На лугу пахло сеном и летали над скирдами тонкие белые паутинки.
Они молча, точно движимые одним общим желанием, свернули с дороги и, мягко ступая по зеленому ковру еще живущей травы, опустились на откос одной из скирд.
Сразу их охватило тихое, ласкающее чувство, и вместе с щекочущим запахом полыни и клевера повеяло в них мечтательной дремой кроткого умирания.
И, борясь с этим новым успокаивающим чувством, недовольство Ильи постепенно спадало и хотелось близкой ласки рядом сидящей девушки, чтобы опять вернуть всю ясность и правдивость их отношений.
А она полулежала тут, около, слегка вдавленная в сено, в летнем светлом платье с длинной косой, перекинутой на круглую девичью грудь, вся под блестками горячего солнца, горячая сама от бьющей под тонкой, слегка засмуглившейся кожей горячей крови.
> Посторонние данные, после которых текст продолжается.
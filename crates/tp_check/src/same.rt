ghost use Rattle.std.specs.Prelude.{◌≡◌, ◌↔◌, IfSome, IsTrue, None};
ghost use Rattle.tp_check.specs.Causes.{DifferFirst};

use tp_base::{Bytes, Pair};
use tp_ops::{Answer, Command, Op};
use tp_wire::{Body, Message};

/// The place, from 1, at which the messages given first differ from the right ones, if they do.
pub(crate) fn difference(given: &[Message], right: &[Message]) -> Option<u64>
    ensures equal { result ≡ None → given.now ≡ right.now }
    ensures place { IfSome result (DifferFirst given.now right.now) }
{
    let both = given.len().min(right.len());
    for i in 0..both {
        if !given[i].same(&right[i]) {
            return Some(i as u64 + 1);
        }
    }
    if given.len() == right.len() {
        None
    } else {
        Some(both as u64 + 1)
    }
}

/// What can be compared by value.
trait Same {
    fn same(&self, other: &Self) -> bool
        ensures { IsTrue result ↔ (self.now ≡ other.now) };
}

/// Whether two lists have the same items.
fn same_items<T: Same>(a: &[T], b: &[T]) -> bool
    ensures { IsTrue result ↔ (a.now ≡ b.now) }
{
    if a.len() != b.len() {
        return false;
    }
    for i in 0..a.len() {
        if !a[i].same(&b[i]) {
            return false;
        }
    }
    true
}

fn same_bytes(a: &Bytes, b: &Bytes) -> bool
    ensures { IsTrue result ↔ (a.now ≡ b.now) }
{
    a.as_slice() == b.as_slice()
}

impl Same for Pair {
    fn same(&self, other: &Self) -> bool {
        *self == *other
    }
}

impl Same for Op {
    fn same(&self, other: &Self) -> bool {
        match self {
            Op::Get { key } => matches!(other, Op::Get { key: k } if same_bytes(key, k)),
            Op::Put { key, value } => {
                matches!(other, Op::Put { key: k, value: v } if same_bytes(key, k) && same_bytes(value, v))
            }
            Op::Del { key } => matches!(other, Op::Del { key: k } if same_bytes(key, k)),
            Op::Cas { key, old, new } => {
                matches!(other, Op::Cas { key: k, old: o, new: n }
                    if same_bytes(key, k) && same_bytes(old, o) && same_bytes(new, n))
            }
        }
    }
}

impl Same for Answer {
    fn same(&self, other: &Self) -> bool {
        match self {
            Answer::Missing => matches!(other, Answer::Missing),
            Answer::Value(value) => matches!(other, Answer::Value(v) if same_bytes(value, v)),
            Answer::Yes => matches!(other, Answer::Yes),
            Answer::No => matches!(other, Answer::No),
        }
    }
}

impl Same for Command {
    fn same(&self, other: &Self) -> bool {
        self.id == other.id
            && self.home == other.home
            && same_items(self.ops.as_slice(), other.ops.as_slice())
    }
}

impl Same for Message {
    fn same(&self, other: &Self) -> bool {
        self.from == other.from && self.to == other.to && self.body.same(&other.body)
    }
}

impl Same for Body {
    fn same(&self, other: &Self) -> bool {
        match self {
            Body::MSubmit { command } => {
                matches!(other, Body::MSubmit { command: c } if command.same(c))
            }
            Body::MPropose { command, floor } => {
                matches!(other, Body::MPropose { command: c, floor: t } if command.same(c) && floor == t)
            }
            Body::MPayload { command } => {
                matches!(other, Body::MPayload { command: c } if command.same(c))
            }
            Body::MProposeAck { id, stamp } => {
                matches!(other, Body::MProposeAck { id: i, stamp: t } if id == i && stamp == t)
            }
            Body::MBump { id, stamp } => {
                matches!(other, Body::MBump { id: i, stamp: t } if id == i && stamp == t)
            }
            Body::MConsensus {
                command,
                stamp,
                ballot,
            } => {
                matches!(other, Body::MConsensus { command: c, stamp: t, ballot: b }
                    if command.same(c) && stamp == t && ballot == b)
            }
            Body::MConsensusAck { id, ballot } => {
                matches!(other, Body::MConsensusAck { id: i, ballot: b } if id == i && ballot == b)
            }
            Body::MCommit {
                command,
                partition,
                stamp,
            } => {
                matches!(other, Body::MCommit { command: c, partition: p, stamp: t }
                    if command.same(c) && partition == p && stamp == t)
            }
            Body::MRec { command, ballot } => {
                matches!(other, Body::MRec { command: c, ballot: b } if command.same(c) && ballot == b)
            }
            Body::MRecAck {
                id,
                stamp,
                made,
                accepted,
                ballot,
            } => {
                matches!(other, Body::MRecAck { id: i, stamp: t, made: m, accepted: a, ballot: b }
                    if id == i && stamp == t && made == m && accepted == a && ballot == b)
            }
            Body::MPromises { lo, hi, pairs } => {
                matches!(other, Body::MPromises { lo: l, hi: h, pairs: p }
                    if lo == l && hi == h && same_items(pairs.as_slice(), p.as_slice()))
            }
            Body::MCommitted { command, stamp } => {
                matches!(other, Body::MCommitted { command: c, stamp: t } if command.same(c) && stamp == t)
            }
            Body::MStable { id } => matches!(other, Body::MStable { id: i } if id == i),
            Body::MResult {
                id,
                partition,
                answers,
            } => {
                matches!(other, Body::MResult { id: i, partition: p, answers: a }
                    if id == i && partition == p && same_items(answers.as_slice(), a.as_slice()))
            }
        }
    }
}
Полные полуоткрытые губы улыбались чему-то едва заметно, одними уголками, и вздрагивали над большими глазами темные ресницы.
И опять Илья увидал в ней свою прежнюю девочку — Любу, в которой было все так ясно и просто, которую, он думал, что знает хорошо, как самого себя.
— Как красиво и загадочно зовут это имение — Марево…— тихо, точно вслух, сказала Люба и не повернулась лицом к Илье, а широко смотрела в небо.— Передо мною что-то большое, розовое от лучей солнца… Мы живем в Мареве,— еще тише добавила она.— Вот оно наше — «я хочу!».
— В Мареве, которое принадлежит кулаку Рыжанникову,— засмеялся Илья.— Для него оно действительно золотое, только не от лучей солнца, а от денег…
Она качнула головой:
— Вот ты смеешься, а мне почему-то стало грустно…
Тогда, почти не беря в сознание ее последних слов, он потянулся к ней, тоже весь молодой и горячий, и беззвучным долгим поцелуем приник к ее губам.
Она не шевельнулась, только сильнее вздрогнули ресницы, а зрачки расширились и стали темными и глубокими. Под тонкой кофточкой он почувствовал ее грудь впервые такой близкой, доступной.